Consistent Depth Maps Recovery from a Video Sequence

  • Authors:
  • Guofeng Zhang;Jiaya Jia;Tien-Tsin Wong;Hujun Bao

  • Affiliations:
  • Zhejiang University, Hangzhou;The Chinese University of Hong Kong, Hong Kong;The Chinese University of Hong Kong, Hong Kong;Zhejiang University, Hangzhou

  • Venue:
  • IEEE Transactions on Pattern Analysis and Machine Intelligence
  • Year:
  • 2009

Quantified Score

Hi-index 0.14

Visualization

Abstract

This paper presents a novel method for recovering consistent depth maps from a video sequence. We propose a bundle optimization framework to address the major difficulties in stereo reconstruction, such as dealing with image noise, occlusions, and outliers.
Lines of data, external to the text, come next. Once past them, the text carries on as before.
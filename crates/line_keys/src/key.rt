//! Keys, as the key tables and bindings name them.

ghost use Rattle.std.specs.Prelude.{◌≡◌};
ghost use Rattle.line_keys.specs.Keys.{key_of, normal, ctrl, alt, none};

use crate::flags::Modifiers;

/// A key without its modifiers.
#[derive(Clone, Copy, Debug, PartialEq, Eq, Hash)]
pub enum KeyCode {
    /// A character sequence that starts like a key and is none.
    UnknownEscSeq,
    Backspace,
    /// Tab with Shift.
    BackTab,
    /// The start of a pasted text.
    BracketedPasteStart,
    /// The end of a pasted text without a start.
    BracketedPasteEnd,
    Char(char),
    Delete,
    Down,
    End,
    Enter,
    Esc,
    /// A function key, by its number.
    F(u8),
    Home,
    Insert,
    Left,
    /// A control character that isn't any other key.
    Null,
    PageDown,
    PageUp,
    Right,
    Tab,
    Up,
}

/// A pressed key, with its modifiers.
#[derive(Clone, Copy, Debug, PartialEq, Eq, Hash)]
pub struct KeyEvent(pub KeyCode, pub Modifiers);

impl KeyEvent {
    pub const BACKSPACE: KeyEvent = KeyEvent(KeyCode::Backspace, Modifiers::NONE);

    pub const ENTER: KeyEvent = KeyEvent(KeyCode::Enter, Modifiers::NONE);

    pub const ESC: KeyEvent = KeyEvent(KeyCode::Esc, Modifiers::NONE);

    /// The key that sends the character `c`.
    ///
    /// A control character stands for the key with its name (U+007F is Backspace), or for the
    /// character 64 higher with Ctrl. Any other character is itself, without Shift, since its case
    /// says as much.
    pub fn new(c: char, mut mods: Modifiers) -> Self
        ensures { result ≡ key_of c mods }
    {
        if !c.is_control() {
            mods.remove(Modifiers::SHIFT);
            return KeyEvent(KeyCode::Char(c), mods);
        }
        match c {
            '\x08' | '\x7f' => KeyEvent(KeyCode::Backspace, mods),
            '\t' if mods.contains(Modifiers::SHIFT) => {
                mods.remove(Modifiers::SHIFT);
                KeyEvent(KeyCode::BackTab, mods)
            }
            '\t' => KeyEvent(KeyCode::Tab, mods),
            '\r' => KeyEvent(KeyCode::Enter, mods),
            '\x1b' => KeyEvent(KeyCode::Esc, mods),
            '\x00'..='\x1f' => {
                let letter = char::from(c as u8 + 64);
                KeyEvent(KeyCode::Char(letter), mods | Modifiers::CTRL)
            }
            '\u{9b}' => KeyEvent(KeyCode::Esc, mods | Modifiers::SHIFT),
            _ => KeyEvent(KeyCode::Null, mods),
        }
    }

    /// The key that sends `c`, with Ctrl.
    pub fn ctrl(c: char) -> Self
        ensures { result ≡ key_of c ctrl }
    {
        KeyEvent::new(c, Modifiers::CTRL)
    }

    /// The key that sends `c`, with Alt.
    pub fn alt(c: char) -> Self
        ensures { result ≡ key_of c alt }
    {
        KeyEvent::new(c, Modifiers::ALT)
    }

    /// The normal form of a key, in which it is bound, by the first rule that fits. Ctrl with a
    /// lowercase letter is Ctrl with the uppercase one. An uppercase letter needs no Shift. Tab
    /// with Shift is `BackTab`. So Ctrl and Shift with a lowercase letter keep their Shift, as in
    /// rustyline; no terminal sends such a key.
    pub fn normalize(key: Self) -> Self
        ensures { result ≡ normal key }
    {
        match key {
            KeyEvent(KeyCode::Char(c), mods) if c.is_ascii_control() => KeyEvent::new(c, mods),
            KeyEvent(KeyCode::Char(c), mods)
                if c.is_ascii_lowercase() && mods.contains(Modifiers::CTRL) => {
                KeyEvent(KeyCode::Char(c.to_ascii_uppercase()), mods)
            }
            KeyEvent(KeyCode::Char(c), mut mods) if c.is_ascii_uppercase() => {
                mods.remove(Modifiers::SHIFT);
                KeyEvent(KeyCode::Char(c), mods)
            }
            KeyEvent(KeyCode::Tab, mut mods) if mods.contains(Modifiers::SHIFT) => {
                mods.remove(Modifiers::SHIFT);
                KeyEvent(KeyCode::BackTab, mods)
            }
            _ => key,
        }
    }
}

impl From<char> for KeyEvent {
    ghost from_gives = { λ c key. key ≡ key_of c none };

    fn from(c: char) -> Self {
        KeyEvent::new(c, Modifiers::NONE)
    }
}
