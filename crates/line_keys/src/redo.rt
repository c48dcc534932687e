//! Repeats commands, as Vi's `.` does.

ghost use Rattle.std.specs.Prelude.{◌≡◌, length, min, unwrap_or, None, []};
ghost use Rattle.line_keys.specs.declared.command.Cmd.TheVariants.{Noop, Replace, SelfInsert};
ghost use Rattle.line_keys.specs.Commands.{Copied, anew, command_anew, range_anew};

use crate::command::{Cmd, recounted};
use crate::refresh::Refresher;
use crate::texts::Text;
use line_buffer::{Movement, RepeatCount};
use line_config::ReadlineError;
use std::alloc::Global;

impl Cmd {
    /// The command as it is repeated, with another count if one is given; the command itself if it
    /// can't be repeated.
    pub(crate) fn made_anew<W: Refresher>(
        self,
        alloc: Global,
        wrt: &W,
        new: Option<RepeatCount>,
    ) -> Result<Self, ReadlineError>
        ensures { Copied (anew self new (W.display.shown wrt.now) self) result }
    {
        if self.is_repeatable() {
            self.redo(alloc, new, wrt)
        } else {
            Ok(self)
        }
    }

    /// The command as it is repeated, with another count if one is given; `Noop` if it can't be
    /// repeated.
    pub(crate) fn repeated<W: Refresher>(
        &self,
        alloc: Global,
        wrt: &W,
        new: Option<RepeatCount>,
    ) -> Result<Self, ReadlineError>
        ensures { Copied (anew Noop new (W.display.shown wrt.now) self.now) result }
    {
        if self.is_repeatable() {
            self.redo(alloc, new, wrt)
        } else {
            Ok(Cmd::Noop)
        }
    }

    /// The command as it is repeated, with another count if one is given.
    ///
    /// Typed characters are repeated as the text that was inserted last. A replacement whose text
    /// wasn't known gets that text; if it covered no characters, it covers as many as the text has
    /// bytes, at most 65,535. Other commands stay as they are. Only the text of the result takes
    /// memory.
    pub fn redo<W: Refresher>(
        &self,
        alloc: Global,
        new: Option<RepeatCount>,
        wrt: &W,
    ) -> Result<Self, ReadlineError>
        ensures { let last = (W.display.shown wrt.now).last_insert in
            Copied (command_anew new last self.now) result }
    {
        let anew = match self {
            Cmd::Dedent(movement) => Cmd::Dedent(recounted(movement, new)),
            Cmd::Indent(movement) => Cmd::Indent(recounted(movement, new)),
            Cmd::Insert(n, text) => Cmd::Insert(new.unwrap_or(*n), text.try_clone(alloc)?),
            Cmd::Kill(movement) => Cmd::Kill(recounted(movement, new)),
            Cmd::Move(movement) => Cmd::Move(recounted(movement, new)),
            Cmd::ReplaceChar(n, c) => Cmd::ReplaceChar(new.unwrap_or(*n), *c),
            Cmd::Replace(movement, Some(text)) => {
                Cmd::Replace(recounted(movement, new), Some(text.try_clone(alloc)?))
            }
            Cmd::Replace(movement, None) => typed_over(movement, new, wrt.last_insert()?),
            Cmd::SelfInsert(n, c) => typed(new.unwrap_or(*n), *c, wrt.last_insert()?),
            Cmd::ViYankTo(movement) => Cmd::ViYankTo(recounted(movement, new)),
            Cmd::Yank(n, anchor) => Cmd::Yank(new.unwrap_or(*n), *anchor),
            other => other.try_clone(alloc)?,
        };
        Ok(anew)
    }
}

/// The typed character, with the text typed after it.
fn typed(n: RepeatCount, c: char, last: Option<Text>) -> Cmd
    ensures { result ≡ command_anew None last (SelfInsert n c) }
{
    match last {
        Some(text) => Cmd::Insert(n, text),
        None => Cmd::SelfInsert(n, c),
    }
}

/// A replacement by the text that was typed over it.
fn typed_over(movement: &Movement, new: Option<RepeatCount>, last: Option<Text>) -> Cmd
    ensures { result ≡ Replace (range_anew new last movement.now) last }
{
    let covered = match movement {
        Movement::ForwardChar(0) => Movement::ForwardChar(bytes_in(&last)),
        other => recounted(other, new),
    };
    Cmd::Replace(covered, last)
}

/// The number of bytes of the text, at most the greatest count.
fn bytes_in(last: &Option<Text>) -> RepeatCount
    ensures { result ≡ min (length (unwrap_or last.now [])) 65535 }
{
    match last {
        Some(text) => text.as_str().len().min(65535) as RepeatCount,
        None => 0,
    }
}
Different from the typical multi-view stereo methods, our approach not only imposes the photo-consistency constraint, but also explicitly associates the geometric coherence with multiple frames in a statistical way. It thus can naturally maintain the temporal coherence of the recovered dense depth maps without over-smoothing. To make the inference tractable, we introduce an iterative optimization scheme by first initializing the disparity maps using a segmentation prior and then refining the disparities by means of bundle optimization. Instead of defining the visibility parameters, our method implicitly models the reconstruction noise as well as the probabilistic visibility. After bundle optimization, we introduce an efficient space-time fusion algorithm to further reduce the reconstruction noise. Our automatic depth recovery is evaluated using a variety of challenging video examples.